Quilts tend to last a very long time because people treasure them. They should treasure them. I make mine by hand. Every bit by hand. Takes a long time to stitch the design through all three layers, and the stitching comes at a price. Hand damage is one price, if I quilt too long. You can see burst blood vessels on the back of my needling hand, and callouses develop on the tips of my fingers. I use the nerves in my fingers to tell whether my stitches have gone all the way through, which means I don't use a thimble. Wakes me up a bit when I stick myself, but it's worth it.

The quilt I'm making my wife for Christmas it a white on white quilt. The top and back are each made from one very large piece of cloth (nearly 10 feet by 10 feet), and the stitching--called quilting--makes the design. It can be washed in the washing machine and dried in the dryer and will be stronger for it, for the first forty or fifty years or so. That's part of what makes quilts durable.

Like vampires, quilts don't hold up well to sunshine. This quilt is white, so sunlight won't fade the colors. It's still going to be vulnerable to sunlight because direct sunlight dries the cotton and that makes the fibers weak. If you have a quilt, please don't let sunlight fall on it on a regular basis. Eventually it will fade and fall apart. If you have to let sunlight fall on it, rotate it from time to time and keep the fading--which gives it an antique look--as uniform as you can throughout. Take it off the bed every once in a while and use something else as a bedspread.

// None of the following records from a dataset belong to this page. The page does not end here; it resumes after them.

impl Disk for MemoryHost {
    ghost use Rattle.gx_disk.specs.MemoryHosts.{KeepsLists, host_start, host_told, host_leaves, host_moment, host_since, host_said, host_stays, host_counts, host_only};

    ghost tells = { Unit {0} };

    ghost told = { host_told };

    ghost faults = { λ h. h.faults };

    ghost now_may_leave = { host_leaves };

    ghost moment = { host_moment };

    ghost may_have_left_since = { host_since };

    ghost said = { host_said };

    ghost told_may_stay = { λ h told. host_stays h };

    ghost counts_now = { host_counts };

    ghost only_now = { host_only };

    fn size(&mut self, area: Area) -> Result<u64, Failed>
        ensures size { IfOk result (λ n. Unit {0} → n ≡ length (area_of area (host_told self.old))) }
        ensures bound { IfOk result (λ n. n < 2 ^ 64 - 1) }
        ensures told { host_told self.new ≡ host_told self.old }
        ensures images { (c : Image) → host_leaves self.new c ↔ host_leaves self.old c }
        ensures time { Elapses (host_moment self.old) (host_moment self.new) (host_since self.old) (host_since self.new) (Now (host_leaves self.old) self.old.answered) }
        ensures said { host_said self.new ≡ host_said self.old }
        ensures cause { FailsWith self.old.faults self.new.faults result }

        // The listed calls fail, and others only where the host has no memory.
        ensures numbered { IsNumbered self.old.failing.items self.old.calls self.new.calls self.old.refused self.new.refused self.old.faults self.new.faults result }
        ensures lists { KeepsLists self.old self.new }
        ensures answers { self.new.answers ≡ self.old.answers }
    {
        self.calls = self.calls.saturating_add(1);
        if is_listed(&self.failing, self.calls) {
            self.faults = self.faults.saturating_add(1);
            return Err(Failed);
        }
        match area {
            Area::Pages => Ok(self.told.pages.len() as u64),
            Area::Log => Ok(self.told.log.len() as u64),
        }
    }

    fn read(&mut self, area: Area, at: u64, into: &mut [u8]) -> Result<usize, Failed>
        ensures count { IfOk result (λ n. Unit {0} → n ≡ min (length into.old) (length (area_of area (host_told self.old)) - at)) }
        ensures bytes { IfOk result (λ n. Unit {0} → into.new ≡ take n (drop at (area_of area (host_told self.old))) ++ drop n into.old) }
        ensures bound { IfOk result (λ n. n ≤ length into.old) }
        ensures told { host_told self.new ≡ host_told self.old }
        ensures images { (c : Image) → host_leaves self.new c ↔ host_leaves self.old c }
        ensures time { Elapses (host_moment self.old) (host_moment self.new) (host_since self.old) (host_since self.new) (Now (host_leaves self.old) self.old.answered) }
        ensures said { host_said self.new ≡ host_said self.old }
        ensures cause { FailsWith self.old.faults self.new.faults result }

        // The listed calls fail, and others only where the host has no memory.
        ensures numbered { IsNumbered self.old.failing.items self.old.calls self.new.calls self.old.refused self.new.refused self.old.faults self.new.faults result }
        ensures lists { KeepsLists self.old self.new }
        ensures answers { self.new.answers ≡ self.old.answers }
    {
        self.calls = self.calls.saturating_add(1);
        if is_listed(&self.failing, self.calls) {
            self.faults = self.faults.saturating_add(1);
            return Err(Failed);
        }
        match area {
            Area::Pages => Ok(read_area(&self.told.pages, at, into)),
            Area::Log => Ok(read_area(&self.told.log, at, into)),
        }
    }

    fn write_at(&mut self, area: Area, at: u64, bytes: &[u8]) -> Result<(), Failed>
        requires { at + length bytes.now < 2 ^ 64 - 1 }
        ensures written { OnOk result (Unit {0} → host_told self.new ≡ write_in area at bytes.now (host_told self.old)) }
        ensures torn { Unit {0} → TornIn area at (length bytes.now) (host_told self.old) (host_told self.new) }
        ensures images { Follows (TornIn area at (length bytes.now)) (host_leaves self.old) (host_leaves self.new) }
        ensures reached { OnOk result (Reaches (TornIn area at (length bytes.now)) (host_leaves self.old) (host_leaves self.new)) }
        ensures kept { Keeps (host_leaves self.old) (host_leaves self.new) }

        // A write that fails is kept as a torn one, unless the host has no memory.
        ensures torn_one { OnErr result (¬ Rose self.old.refused self.new.refused → Reaches (TornIn area at (length bytes.now)) (host_leaves self.old) (host_leaves self.new)) }
        ensures time { Elapses (host_moment self.old) (host_moment self.new) (host_since self.old) (host_since self.new) (Now (host_leaves self.new) self.old.answered) }
        ensures said { host_said self.new ≡ host_said self.old }
        ensures cause { FailsWith self.old.faults self.new.faults result }

        // The listed calls fail, and others only where the host has no memory.
        ensures numbered { IsNumbered self.old.failing.items self.old.calls self.new.calls self.old.refused self.new.refused self.old.faults self.new.faults result }
        ensures lists { KeepsLists self.old self.new }
        ensures answers { self.new.answers ≡ self.old.answers }
    {
        self.calls = self.calls.saturating_add(1);
        if is_listed(&self.failing, self.calls) {
            self.faults = self.faults.saturating_add(1);
            match keep_failed(&mut self.events, self.calls, area, at, bytes.len()) {
                Ok(()) => return Err(Failed),
                Err(_) => {
                    self.refused = self.refused.saturating_add(1);
                    return Err(Failed);
                }
            }
        }
        match write_and_keep(
            self.alloc,
            &mut self.told,
            &mut self.events,
            self.calls,
            area,
            at,
            bytes,
        ) {
            Ok(()) => (),
            Err(_) => {
                self.faults = self.faults.saturating_add(1);
                self.refused = self.refused.saturating_add(1);
                return Err(Failed);
            }
        }
        Ok(())
    }

    fn sync(&mut self, area: Area) -> Result<(), Failed>
        ensures images { OnOk result (Unit {0} → Follows (SyncedIn area (host_told self.old)) (host_leaves self.old) (host_leaves self.new)) }
        ensures reached { OnOk result (Unit {0} → Reaches (SyncedIn area (host_told self.old)) (host_leaves self.old) (host_leaves self.new)) }
        ensures same { OnErr result ((c : Image) → host_leaves self.new c ↔ host_leaves self.old c) }
        ensures fewer { Unit {0} → Keeps (host_leaves self.new) (host_leaves self.old) }
        ensures told { host_told self.new ≡ host_told self.old }
        ensures time { Elapses (host_moment self.old) (host_moment self.new) (host_since self.old) (host_since self.new) (Now (host_leaves self.new) self.old.answered) }
        ensures said { host_said self.new ≡ host_said self.old }
        ensures cause { FailsWith self.old.faults self.new.faults result }

        // The listed calls fail, and others only where the host has no memory.
        ensures numbered { IsNumbered self.old.failing.items self.old.calls self.new.calls self.old.refused self.new.refused self.old.faults self.new.faults result }
        ensures lists { KeepsLists self.old self.new }
        ensures answers { self.new.answers ≡ self.old.answers }
    {
        self.calls = self.calls.saturating_add(1);
        if is_listed(&self.failing, self.calls) {
            self.faults = self.faults.saturating_add(1);
            return Err(Failed);
        }
        match keep_sync(&mut self.events, self.calls, area) {
            Ok(()) => (),
            Err(_) => {
                self.faults = self.faults.saturating_add(1);
                self.refused = self.refused.saturating_add(1);
                return Err(Failed);
            }
        }
        Ok(())
    }
}
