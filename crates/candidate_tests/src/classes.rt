//! An operator of each class, with a value that is a candidate and one that isn't.

use crate::asked::passes;
use crate::given::{operand_of, value_of};
use gx_bytes::ValueError;
use gx_value::{Class, ColumnType, Operator};
use std::alloc::Global;
use std::test::Fail;

/// Whether the value of a text is a candidate of the class for an operator with the operand of another text; `None` where
/// there is no query.
fn is_found(
    alloc: Global,
    class: Class,
    column: ColumnType,
    op: Operator,
    operand: &str,
    value: &str,
) -> Result<Option<bool>, ValueError> {
    let operand = operand_of(alloc, column, op, operand)?;
    let value = value_of(alloc, column, value)?;
    match passes(alloc, class, op, &operand, &value) {
        Ok(found) => Ok(found),
        Err(_) => Err(ValueError::Memory),
    }
}

/// A class, its column, an operator, the operand, a value that is a candidate, and one that isn't.
const ROWS: [(
    Class,
    ColumnType,
    Operator,
    &'static str,
    &'static str,
    &'static str,
); 17] = [
    (
        Class::GistInt4,
        ColumnType::Int4,
        Operator::Less,
        "5",
        "4",
        "5",
    ),
    (
        Class::GistInt8,
        ColumnType::Int8,
        Operator::Equal,
        "-7",
        "-7",
        "7",
    ),
    (
        Class::GistText,
        ColumnType::Text,
        Operator::Greater,
        "b",
        "ba",
        "b",
    ),
    (
        Class::GistBytea,
        ColumnType::Bytea,
        Operator::LessEqual,
        "\\x01ff",
        "\\x01ff",
        "\\x02",
    ),
    (
        Class::GistDate,
        ColumnType::Date,
        Operator::GreaterEqual,
        "2024-02-29",
        "2024-02-29",
        "2024-02-28",
    ),
    (
        Class::GistUuid,
        ColumnType::Uuid,
        Operator::NotEqual,
        "a0eebc99-9c0b-4ef8-bb6d-6bb9bd380a11",
        "a0eebc99-9c0b-4ef8-bb6d-6bb9bd380a12",
        "A0EEBC999C0B4EF8BB6D6BB9BD380A11",
    ),
    (
        Class::RangeOps,
        ColumnType::Int4Range,
        Operator::Contains,
        "[3,5)",
        "[1,5)",
        "[4,9)",
    ),
    (
        Class::InetOps,
        ColumnType::Inet,
        Operator::LeftEqual,
        "10.0.0.0/8",
        "10.1.2.3",
        "11.1.2.3",
    ),
    (
        Class::GistLtree,
        ColumnType::Ltree,
        Operator::Within,
        "a.b",
        "a.b.c",
        "a.c",
    ),
    (
        Class::GistHstore,
        ColumnType::Hstore,
        Operator::Has,
        "a",
        "a=>1",
        "",
    ),
    (
        Class::GistInt,
        ColumnType::Int4Array,
        Operator::Overlaps,
        "{5,700}",
        "{1,700}",
        "{1,6}",
    ),
    (
        Class::GistIntbig,
        ColumnType::Int4Array,
        Operator::Contains,
        "{7}",
        "{7,8}",
        "{}",
    ),
    (
        Class::ArrayOps,
        ColumnType::Int4Array,
        Operator::Within,
        "{1,2}",
        "{2,3}",
        "{3}",
    ),
    (
        Class::GinInt,
        ColumnType::Int4Array,
        Operator::Formula,
        "1 & !2",
        "{1,3}",
        "{1,2}",
    ),
    (
        Class::GinHstore,
        ColumnType::Hstore,
        Operator::HasAll,
        "{a,b}",
        "a=>1,b=>2",
        "a=>1",
    ),
    (
        Class::JsonbOps,
        ColumnType::Jsonb,
        Operator::Has,
        "k",
        r#"{"k":1}"#,
        r#"{"a":1}"#,
    ),
    (
        Class::JsonbPathOps,
        ColumnType::Jsonb,
        Operator::Contains,
        r#"{"a":{"b":1}}"#,
        r#"{"a":{"b":1},"c":2}"#,
        r#"{"a":{"b":2}}"#,
    ),
];

#[test]
fn candidates_of_classes(rt: HostRuntime) -> Result<(), Fail> {
    let alloc = rt.alloc();
    for (class, column, op, operand, found, other) in &ROWS {
        assert!(rt;
            is_found(alloc, *class, *column, *op, operand, found)? == Some(true),
            "at {class:?} {found}"
        );
        assert!(rt;
            is_found(alloc, *class, *column, *op, operand, other)? == Some(false),
            "at {class:?} {other}"
        );
    }
    Ok(())
}

/// A class, its column, an operator that the class lacks, the operand and a value.
const UNASKED: [(Class, ColumnType, Operator, &'static str, &'static str); 3] = [
    (
        Class::GistInt,
        ColumnType::Int4Array,
        Operator::Within,
        "{1}",
        "{1}",
    ),
    (
        Class::ArrayOps,
        ColumnType::Int4Array,
        Operator::Formula,
        "1",
        "{1}",
    ),
    (
        Class::JsonbPathOps,
        ColumnType::Jsonb,
        Operator::Has,
        "k",
        r#"{"k":1}"#,
    ),
];

#[test]
fn operators_that_a_class_lacks(rt: HostRuntime) -> Result<(), Fail> {
    for (class, column, op, operand, value) in &UNASKED {
        assert!(rt;
            is_found(rt.alloc(), *class, *column, *op, operand, value)? == None,
            "at {class:?} {op:?}"
        );
    }
    Ok(())
}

If you're lucky enough to have someone make you a quilt, please don't ask them to make it large enough to cover your pillows and go all the way to the floor all the way around. I've stopped making quilts for most people because of requests like that. If you want a bedspread that covers the entire bed, frame, and pillows, get thee to a Walmart and buy a bedspread. Adding a foot or two on all sides increases the area of the quilt by a lot (simple mathematics), and offends the quilter. Quilters, by the way, who are people who make projects intended to span generations, have long memories.

Darn. Can't get started yet. I'm waiting for the recipient of the quilt I'm working on to go to bed. This huge white on white quilt, the one that takes me four hours to quilt a single square foot, is a surprise Christmas gift for my wife. I'm on a deadline. Soon I will start humming a lullaby...and I hope it puts her to sleep, and not me.